My first piece of research to write this review was to check out the Louboutin shoes which matter so much to Ruby, an investment banker and fashionista of London.  For the uninitiated, the shoe-designer Christian Louboutin was inspired to design these extraordinary stilettos when he saw a sign banning sharp stilettos in a museum because of the damage they do to wooden  flooring.  Wikipedia tells me that he ‘wanted to defy that … to create something that broke rules and made women feel confident and empowered.’  Why women should feel empowered by tottering along on shoes which will give them endless foot trouble in their old age and preclude running for a bus I do not know; it seems to me to be more empowering to put the price of a pair of these shoes towards buying some shares, but perhaps Ruby the investment banker knows more about investing than I do?
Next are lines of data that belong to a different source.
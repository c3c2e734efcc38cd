use dali_base::{Name, Seq};

/// The units of an asset that an account holds free, without what it has earmarked.
#[derive(Clone, Copy, Debug, PartialEq, Eq)]
pub struct Pair {
    pub asset: Name,
    /// In units of the asset, centavos for `MXN`.
    pub balance: u64,
}

/// A list of pairs.
pub type Pairs = Seq<Pair>;
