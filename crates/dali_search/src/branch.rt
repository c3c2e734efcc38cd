ghost use Rattle.std.specs.Prelude.{◌≡◌, ℕ, ◌<◌, ◌≤◌, true, length, IfOk, OnOk};
ghost use Rattle.dali_tree.specs.Fits.{lam_fits};
ghost use Rattle.dali_check.specs.Lean.{is_open};
ghost use Rattle.dali_search.specs.Best.{IsBest};
ghost use Rattle.dali_search.specs.Sides.{IsDesk, IsSplitAt};

use crate::best::Best;
use crate::desk::Desk;
use crate::lead::lead;
use crate::leaf::side;
use crate::nearest::nearest;
use crate::split::Split;
use dali_base::OutOfMemory;
use dali_problem::Problem;
use dali_tree::Lam;
use std::alloc::Global;

/// Branches node `at`, whose partial choice is on the desk and is put back, by its multipliers or by guessed ones.
pub(crate) fn branch(
    alloc: Global,
    problem: &Problem,
    at: u32,
    lam: &Lam,
    desk: &mut Desk,
    best: &mut Best,
) -> Result<Split, OutOfMemory>
    requires desk { IsDesk problem.now desk.old }
    requires lam { lam_fits (length problem.now.lines) lam.now ≡ true }
    requires some { is_open problem.now desk.old.partial.marks ≡ true }
    requires best { IsBest problem.now best.old }

    // the desk, and the best set
    ensures desk { OnOk result (IsDesk problem.now desk.new) }
    ensures marks { OnOk result (desk.new.partial.marks ≡ desk.old.partial.marks) }
    ensures best { IsBest problem.now best.new }
    ensures not_worse { best.old.value ≤ best.new.value }

    // the branch that is made
    ensures split { IfOk result (λ split. IsSplitAt problem.now best.new.value at desk.old.partial.marks lam.now split) }
{
    let lead = lead(
        alloc,
        problem,
        &desk.partial,
        lam,
        best.value,
        &mut desk.point,
    )?;
    let place = nearest(problem, &desk.partial, &lead, &mut desk.kept);
    let inside = side(alloc, problem, at, place, true, lam, desk, best)?;
    let outside = side(alloc, problem, at, place, false, lam, desk, best)?;
    Ok(Split {
        place,
        lam: lead,
        inside,
        outside,
    })
}
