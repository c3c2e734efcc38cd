ghost use Rattle.std.specs.Prelude.{◌≡◌, ◌≤ℤ◌, length, IfOk, IsTrue};
ghost use Rattle.dali_problem.specs.Kept.{IsOf};
ghost use Rattle.dali_tree.specs.Fits.{lam_fits};
ghost use Rattle.dali_lagrange.specs.Bound.{sum_of};
ghost use Rattle.dali_lagrange.specs.Multipliers.{AreMultipliers, multiplier};
ghost use Rattle.dali_lagrange.specs.Settled.{IsSettled};

use crate::bound::{is_at_most, sum_of_lam};
use dali_base::OutOfMemory;
use dali_guess::{smoothed, smoothed_near};
use dali_lagrange::limits::SCALE;
use dali_lagrange::{Point, settle};
use dali_problem::{Partial, Problem};
use dali_tree::Lam;
use std::alloc::Global;

/// Settled multipliers of a partial choice whose Sum isn't above that of the multipliers given: where their bound is above
/// what the best set is worth, the better ones of these and of settled guesses.
pub(crate) fn settle_well(
    alloc: Global,
    problem: &Problem,
    partial: &Partial,
    start: &Lam,
    is_root: bool,
    value: u64,
    point: &mut Point,
) -> Result<Lam, OutOfMemory>
    requires partial { IsOf problem.now partial.now }
    requires start { AreMultipliers (length problem.now.lines) start.now }
    requires point { length point.old ≡ length problem.now.lines }
    ensures point { length point.new ≡ length point.old }
    ensures fits { IfOk result (λ lam. IsTrue (lam_fits (length problem.now.lines) lam)) }
    ensures settled { IfOk result (λ lam. IsSettled problem.now partial.now.marks (multiplier lam)) }
    ensures not_above { IfOk result (λ lam. sum_of problem.now partial.now.marks (multiplier lam) ≤ℤ sum_of problem.now partial.now.marks (multiplier start.now)) }
{
    let lam = settle(alloc, problem, partial, start)?;
    if is_closed(problem, partial, &lam, value, point) {
        return Ok(lam);
    }
    let guess = guessed(alloc, problem, partial, &lam, is_root)?;
    let other = settle(alloc, problem, partial, &guess)?;
    if is_at_most(problem, partial, &other, &lam, point) {
        return Ok(other);
    }
    Ok(lam)
}

/// Whether the bound of multipliers isn't above this value.
fn is_closed(problem: &Problem, partial: &Partial, lam: &Lam, value: u64, point: &mut Point) -> bool
    requires of { IsOf problem.now partial.now }
    requires point { length point.old ≡ length problem.now.lines }
    requires lam { AreMultipliers (length problem.now.lines) lam.now }
    ensures point { length point.new ≡ length point.old }
{
    let sum = sum_of_lam(problem, partial, lam, point);
    let next = i128::from(value).saturating_add(1);
    sum < next.saturating_mul(SCALE as i128)
}

/// Guessed multipliers of a partial choice: at the root from all 0, and else near those given.
fn guessed(
    alloc: Global,
    problem: &Problem,
    partial: &Partial,
    lam: &Lam,
    is_root: bool,
) -> Result<Lam, OutOfMemory>
    requires { IsOf problem.now partial.now }
    ensures { IfOk result (λ lam. IsTrue (lam_fits (length problem.now.lines) lam)) }
{
    if is_root {
        smoothed(alloc, problem, partial)
    } else {
        smoothed_near(alloc, problem, partial, lam)
    }
}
Anyway, thanks to an intemperate email that goes viral, Ruby’s career runs into strife in London, and she (minus the Laboutins) comes to the Land of Oz  to catch up with her aunt and lie low for a while.  Australia is actually the last place she intended to be: she can’t even remember how she came to buy the one-way non-refundable ticket but it has something to do with drowning her sorrows with far too much Victorian Pinot Noir.  Fate intervenes when she attends a party at a Yarra Valley winery, and she ends up working as a financial policy adviser to the Federal Leader of the Opposition.   This is where the story begins to have eerie resonances with the recent shenanigans in Canberra.  The plot centres around a prime minister deposed by his female offsider, the public indignation caused by that, and the opposition leader who wants to capitalise on the mayhem when he isn’t really ready for office.  (This is  signalled by the fact that he hires Ruby on a whim – to advise him at the last minute, of all things – on economic policy).   In the light of recent events here, it could be seen as a fable about the perils of intemperate ambition.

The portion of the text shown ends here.